ACTIVITY: All lines of the records below that contain the word "usize" must be listed.

EXERCISE INPUT:
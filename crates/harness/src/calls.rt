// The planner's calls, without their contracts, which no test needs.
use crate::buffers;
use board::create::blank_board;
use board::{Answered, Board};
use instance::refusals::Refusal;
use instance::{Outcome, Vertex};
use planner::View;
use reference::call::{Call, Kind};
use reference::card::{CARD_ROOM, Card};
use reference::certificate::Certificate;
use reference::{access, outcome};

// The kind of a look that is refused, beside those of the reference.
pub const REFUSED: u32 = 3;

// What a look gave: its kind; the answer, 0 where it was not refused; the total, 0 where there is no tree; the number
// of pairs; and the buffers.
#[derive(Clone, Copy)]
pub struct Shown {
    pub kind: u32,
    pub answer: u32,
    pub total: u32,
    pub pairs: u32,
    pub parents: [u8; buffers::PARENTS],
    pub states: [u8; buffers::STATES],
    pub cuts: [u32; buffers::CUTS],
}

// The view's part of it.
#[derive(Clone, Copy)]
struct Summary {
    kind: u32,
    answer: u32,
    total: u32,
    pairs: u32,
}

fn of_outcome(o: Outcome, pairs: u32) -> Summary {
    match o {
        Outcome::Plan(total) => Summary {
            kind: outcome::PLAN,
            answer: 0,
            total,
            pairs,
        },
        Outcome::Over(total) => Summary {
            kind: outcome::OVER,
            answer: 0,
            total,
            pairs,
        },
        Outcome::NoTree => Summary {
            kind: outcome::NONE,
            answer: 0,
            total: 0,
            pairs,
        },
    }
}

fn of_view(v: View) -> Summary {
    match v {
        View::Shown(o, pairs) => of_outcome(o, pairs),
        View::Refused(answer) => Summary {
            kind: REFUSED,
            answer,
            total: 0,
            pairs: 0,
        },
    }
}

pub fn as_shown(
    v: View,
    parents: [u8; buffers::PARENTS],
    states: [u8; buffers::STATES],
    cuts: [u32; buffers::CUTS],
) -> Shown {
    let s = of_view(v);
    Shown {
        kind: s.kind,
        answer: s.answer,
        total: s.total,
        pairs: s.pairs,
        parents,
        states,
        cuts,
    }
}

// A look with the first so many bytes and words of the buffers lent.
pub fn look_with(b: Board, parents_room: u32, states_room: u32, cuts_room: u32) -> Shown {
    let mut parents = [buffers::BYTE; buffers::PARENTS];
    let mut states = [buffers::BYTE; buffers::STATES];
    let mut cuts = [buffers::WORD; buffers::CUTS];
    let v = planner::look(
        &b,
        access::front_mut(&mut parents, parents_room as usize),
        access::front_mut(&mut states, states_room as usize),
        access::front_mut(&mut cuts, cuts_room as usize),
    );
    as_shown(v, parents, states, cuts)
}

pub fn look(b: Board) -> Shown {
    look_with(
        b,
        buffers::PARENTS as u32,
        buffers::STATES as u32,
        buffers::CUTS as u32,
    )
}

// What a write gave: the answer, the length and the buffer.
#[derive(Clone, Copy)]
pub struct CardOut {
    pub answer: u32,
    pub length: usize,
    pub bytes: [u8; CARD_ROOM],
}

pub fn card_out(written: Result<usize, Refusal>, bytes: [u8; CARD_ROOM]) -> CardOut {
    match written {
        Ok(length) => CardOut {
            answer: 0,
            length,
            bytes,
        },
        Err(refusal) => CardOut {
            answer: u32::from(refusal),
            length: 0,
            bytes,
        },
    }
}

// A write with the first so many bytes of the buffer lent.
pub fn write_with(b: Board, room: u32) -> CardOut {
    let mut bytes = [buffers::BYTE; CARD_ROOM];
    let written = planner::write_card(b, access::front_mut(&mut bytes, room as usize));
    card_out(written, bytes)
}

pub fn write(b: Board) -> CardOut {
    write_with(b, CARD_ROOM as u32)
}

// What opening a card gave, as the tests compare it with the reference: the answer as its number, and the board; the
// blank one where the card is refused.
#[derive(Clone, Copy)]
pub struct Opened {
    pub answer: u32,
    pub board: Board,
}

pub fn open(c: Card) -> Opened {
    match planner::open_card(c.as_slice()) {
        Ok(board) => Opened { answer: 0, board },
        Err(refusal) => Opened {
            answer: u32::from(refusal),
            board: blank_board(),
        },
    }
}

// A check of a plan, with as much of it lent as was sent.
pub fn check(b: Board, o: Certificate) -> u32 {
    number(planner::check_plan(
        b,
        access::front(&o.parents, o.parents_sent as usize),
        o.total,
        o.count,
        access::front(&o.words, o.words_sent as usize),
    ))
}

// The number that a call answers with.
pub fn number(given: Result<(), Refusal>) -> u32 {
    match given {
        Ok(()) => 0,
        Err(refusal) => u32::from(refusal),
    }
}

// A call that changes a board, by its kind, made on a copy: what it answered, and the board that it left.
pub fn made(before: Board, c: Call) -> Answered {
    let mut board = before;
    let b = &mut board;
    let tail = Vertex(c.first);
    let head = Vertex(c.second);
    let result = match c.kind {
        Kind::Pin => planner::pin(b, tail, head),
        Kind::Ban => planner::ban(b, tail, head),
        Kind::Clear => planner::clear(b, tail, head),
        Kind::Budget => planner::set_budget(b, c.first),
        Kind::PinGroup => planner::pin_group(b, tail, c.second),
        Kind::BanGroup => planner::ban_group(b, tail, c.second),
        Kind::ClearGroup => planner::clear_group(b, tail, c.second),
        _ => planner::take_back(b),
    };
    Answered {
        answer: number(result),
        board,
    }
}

YOUR SOLUTION:
        access::front_mut(&mut parents, parents_room as usize),
        access::front_mut(&mut states, states_room as usize),
        access::front_mut(&mut cuts, cuts_room as usize),
    pub length: usize,
pub fn card_out(written: Result<usize, Refusal>, bytes: [u8; CARD_ROOM]) -> CardOut {
    let written = planner::write_card(b, access::front_mut(&mut bytes, room as usize));
        access::front(&o.parents, o.parents_sent as usize),
        access::front(&o.words, o.words_sent as usize),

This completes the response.